Problem statement: Only an exact copy of every record counts as an answer.

Exercise material:
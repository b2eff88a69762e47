//! The answers of a unit, counted.
ghost use Rattle.std.specs.Prelude.{◌≡◌};
ghost use Rattle.storage_flags.specs.Flags.{AreRows, consumers_of};
ghost use Rattle.mark_check.specs.Graphs.{lent, unit_graphs};

use crate::graphs::lent_inside;
use crate::shapes::shaped;
use flow_value::NoMemory;
use if1_graph::Graph;
use if1_sound::Sound;
use mark_check::all_graphs;
use may_take::owned_edges;
use node_works::{UnitTables, tables_of};
use std::alloc::Global;
use storage_flags::{Flags, aggregate_edges, consumed_edges};

/// How many answers of a unit are other than the plain ones.
#[derive(Drop)]
pub struct Told {
    /// Nodes with a shape.
    pub shapes: usize,
    /// Edges that carry aggregates.
    pub aggregates: usize,
    /// Edges that consume.
    pub consumed: usize,
    /// Edges from owned ports.
    pub owned: usize,
    /// Edges that carry what a port of the graph around lends.
    pub lent: usize,
}

fn flagged(flags: &[bool]) -> usize {
    let mut count: usize = 0;
    for flag in flags {
        if *flag {
            count = count.saturating_add(1);
        }
    }
    count
}

fn flagged_in(rows: &[Flags]) -> usize {
    let mut count: usize = 0;
    for row in rows {
        count = count.saturating_add(flagged(row.as_slice()));
    }
    count
}

fn all_shaped(
    alloc: Global,
    unit: &Sound,
    tables: &UnitTables,
    graphs: &[&Graph],
) -> Result<usize, NoMemory>
    requires { lent graphs.now ≡ unit_graphs unit.now }
{
    let mut count: usize = 0;
    for graph in graphs {
        count = count.saturating_add(shaped(alloc, unit, tables, graph)?);
    }
    Ok(count)
}

fn all_lent(unit: &Sound, consumed: &[Flags], graphs: &[&Graph]) -> usize
    requires rows { AreRows unit.now (consumers_of unit.now) consumed.now }
    requires graphs { lent graphs.now ≡ unit_graphs unit.now }
{
    let mut count: usize = 0;
    for graph in graphs {
        count = count.saturating_add(lent_inside(unit, consumed, graph));
    }
    count
}

/// All answers of a unit, counted.
pub fn told_of(alloc: Global, unit: &Sound) -> Result<Told, NoMemory> {
    let whole = unit.unit();
    let graphs = all_graphs(alloc, whole)?;
    let tables = tables_of(alloc, unit)?;
    let shapes = all_shaped(alloc, unit, &tables, graphs.as_slice())?;
    let aggregates = aggregate_edges(alloc, unit)?;
    let consumed = consumed_edges(alloc, unit)?;
    let owned = owned_edges(alloc, whole)?;
    Ok(Told {
        shapes,
        aggregates: flagged_in(aggregates.as_slice()),
        consumed: flagged_in(consumed.as_slice()),
        owned: flagged_in(owned.as_slice()),
        lent: all_lent(unit, consumed.as_slice(), graphs.as_slice()),
    })
}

Result of this task:
repository b2eff88a69762e47
//! The answers of a unit, counted.
ghost use Rattle.std.specs.Prelude.{◌≡◌};
ghost use Rattle.storage_flags.specs.Flags.{AreRows, consumers_of};
ghost use Rattle.mark_check.specs.Graphs.{lent, unit_graphs};

use crate::graphs::lent_inside;
use crate::shapes::shaped;
use flow_value::NoMemory;
use if1_graph::Graph;
use if1_sound::Sound;
use mark_check::all_graphs;
use may_take::owned_edges;
use node_works::{UnitTables, tables_of};
use std::alloc::Global;
use storage_flags::{Flags, aggregate_edges, consumed_edges};

/// How many answers of a unit are other than the plain ones.
#[derive(Drop)]
pub struct Told {
    /// Nodes with a shape.
    pub shapes: usize,
    /// Edges that carry aggregates.
    pub aggregates: usize,
    /// Edges that consume.
    pub consumed: usize,
    /// Edges from owned ports.
    pub owned: usize,
    /// Edges that carry what a port of the graph around lends.
    pub lent: usize,
}

fn flagged(flags: &[bool]) -> usize {
    let mut count: usize = 0;
    for flag in flags {
        if *flag {
            count = count.saturating_add(1);
        }
    }
    count
}

fn flagged_in(rows: &[Flags]) -> usize {
    let mut count: usize = 0;
    for row in rows {
        count = count.saturating_add(flagged(row.as_slice()));
    }
    count
}

fn all_shaped(
    alloc: Global,
    unit: &Sound,
    tables: &UnitTables,
    graphs: &[&Graph],
) -> Result<usize, NoMemory>
    requires { lent graphs.now ≡ unit_graphs unit.now }
{
    let mut count: usize = 0;
    for graph in graphs {
        count = count.saturating_add(shaped(alloc, unit, tables, graph)?);
    }
    Ok(count)
}

fn all_lent(unit: &Sound, consumed: &[Flags], graphs: &[&Graph]) -> usize
    requires rows { AreRows unit.now (consumers_of unit.now) consumed.now }
    requires graphs { lent graphs.now ≡ unit_graphs unit.now }
{
    let mut count: usize = 0;
    for graph in graphs {
        count = count.saturating_add(lent_inside(unit, consumed, graph));
    }
    count
}

/// All answers of a unit, counted.
pub fn told_of(alloc: Global, unit: &Sound) -> Result<Told, NoMemory> {
    let whole = unit.unit();
    let graphs = all_graphs(alloc, whole)?;
    let tables = tables_of(alloc, unit)?;
    let shapes = all_shaped(alloc, unit, &tables, graphs.as_slice())?;
    let aggregates = aggregate_edges(alloc, unit)?;
    let consumed = consumed_edges(alloc, unit)?;
    let owned = owned_edges(alloc, whole)?;
    Ok(Told {
        shapes,
        aggregates: flagged_in(aggregates.as_slice()),
        consumed: flagged_in(consumed.as_slice()),
        owned: flagged_in(owned.as_slice()),
        lent: all_lent(unit, consumed.as_slice(), graphs.as_slice()),
    })
}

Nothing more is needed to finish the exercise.